A Dud defined: A dud is all of the above that didn’t go boom. Now, enter the ordnance, the grenade. And enter then, the dud hand grenade story. Officially also – “DUD-a thrown grenade that failed to detonate after the expected fuze time has elapsed.”
As I said, artillery troops were always out on the northern ranges, blowing all kinds of stuff up. And a small percentage are duds. As the later investigations discloses – One fine morning, out on a said field, a young private stumbled upon what appeared to be a very old hand grenade. He closed in on it and looked it over. No pin. No lever. Hmmmm. A dud, he presumes. What fun!
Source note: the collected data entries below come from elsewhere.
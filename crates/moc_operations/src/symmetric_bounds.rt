//! The symmetric difference of two blocks: the bounds of both in ascending order, where equal bounds cancel. No branch
//! depends on the positions of ranges, because it could not be predicted.
ghost use Rattle.std.specs.Prelude.{◌≡◌, ◌+◌, ◌*◌, ◌<◌, ◌≤◌, ◌++◌, ◌⊎◌, List, ℕ, take, drop, get_or, length, IfOk};
ghost use Rattle.moc_blocks.specs.Private.Built.{ranges_of};
ghost use Rattle.moc_operations.specs.Private.SymmetricBounds.{bounds_of, open_of, AreBounds, AreAscendingBounds};

use moc_lists::{ListBuilder, MAX_BLOCK_RANGES};
use std::alloc::{AllocError, Global};

/// The maximum number of bounds of one call: those of two blocks.
pub const MAX_BOUNDS: usize = 512;

/// Returns the bound at a position, where the starts and ends of ranges alternate.
#[inline(always)]
fn bound_at(ranges: &[(u64, u64)], place: usize) -> u64
    requires { place < 2 * length ranges.now }
    ensures { result ≡ get_or (bounds_of ranges.now) place 0 }
{
    let range = ranges[place / 2];
    if place % 2 == 0 { range.0 } else { range.1 }
}

/// The number of bounds of each side that were passed, and the number of bounds in the output.
#[derive(Clone, Copy)]
pub struct SymmetricCounts {
    pub first: usize,
    pub second: usize,
    pub written: usize,
}

/// Computes the bounds of the symmetric difference of two blocks until one of them has no more bounds. `passed` bounds
/// were passed before; `opened` is the open bound if exactly one list is inside a range.
#[inline(always)]
pub fn symmetric_bounds(
    xs: &[(u64, u64)],
    ys: &[(u64, u64)],
    passed: (usize, usize),
    opened: Option<u64>,
    out: &mut [u64; MAX_BOUNDS],
) -> SymmetricCounts
    requires first_some { 0 < length xs.now }
    requires second_some { 0 < length ys.now }
    requires first_fits { length xs.now ≤ MAX_BLOCK_RANGES }
    requires second_fits { length ys.now ≤ MAX_BLOCK_RANGES }
    requires one { length (open_of opened) ≡ passed.0 + passed.1 }
    requires most { passed.0 + passed.1 ≤ 1 }
    ensures ended { (result.first ≡ 2 * length xs.now) ⊎ (result.second ≡ 2 * length ys.now) }
    ensures first { result.first ≤ 2 * length xs.now }
    ensures second { result.second ≤ 2 * length ys.now }
    ensures some { passed.0 + passed.1 < result.first + result.second }
    ensures written { result.written ≤ length out.new }
    ensures even { (n : ℕ) × (result.first + result.second ≡ result.written + 2 * n) }
    ensures crossed { (kept tail_xs tail_ys : List ℕ) (whole_xs whole_ys : List (ℕ × ℕ)) →
        AreBounds (kept ++ open_of opened) (drop passed.0 (bounds_of xs.now) ++ tail_xs)
        (drop passed.1 (bounds_of ys.now) ++ tail_ys) whole_xs whole_ys →
        AreBounds (kept ++ take result.written out.new) (drop result.first (bounds_of xs.now) ++ tail_xs)
        (drop result.second (bounds_of ys.now) ++ tail_ys) whole_xs whole_ys }
{
    let mut written = passed.0 + passed.1;
    if let Some(bound) = opened {
        out[0] = bound;
    }
    let (mut first, mut second) = passed;
    while first < 2 * xs.len() && second < 2 * ys.len() {
        let x = bound_at(xs, first);
        let y = bound_at(ys, second);
        out[written] = x.min(y);
        written += usize::from(x != y);
        first += usize::from(x <= y);
        second += usize::from(y <= x);
    }
    SymmetricCounts {
        first,
        second,
        written,
    }
}

/// Appends the ranges of the bounds to the result, and returns the last bound if it is not paired.
pub fn push_pairs(
    alloc: Global,
    bounds: &[u64],
    built: &mut ListBuilder,
) -> Result<Option<u64>, AllocError>
    requires { AreAscendingBounds 0 (bounds_of (ranges_of built.old) ++ bounds.now) }
    ensures { IfOk result (λ opened.
        bounds_of (ranges_of built.new) ++ open_of opened ≡ bounds_of (ranges_of built.old) ++ bounds.entry.now) }
{
    let mut rest = bounds;
    while let [from, to, more @ ..] = rest {
        built.push(alloc, *from, *to)?;
        rest = more;
    }
    Ok(rest.first().copied())
}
He threw some rocks at it. His buddies giggling nearby. Nothing. Deadness. He hit it with a stick. Then he kicked it and jumped back. It bounced across the rocky, dry terrain. He picked it up, tossed it up and down a few times and then stuck it in his jacket pocket. What a coup. What a toy.! A dud grenade!
The unit took a long, one-hour bouncy ride in the back of a deuce-and-a-half truck. The private pulled the grenade from his pocket and declared to those around him, “Look what I found!”
The others leaned away, aghast. But it became clear by his manipulations and juggling, it had to be a dud.
Once at their multi-story barracks building, they bailed out of the trucks, unloaded and hit the showers. The private went to his multi-person quarters and tossed the grenade on his bunk. He combed his wet hair, got in casual clothes – civvies – picked up his dud grenade and walked to the day room (TV, pool tables, a rec room, etc.) for some fun and games with his new toy.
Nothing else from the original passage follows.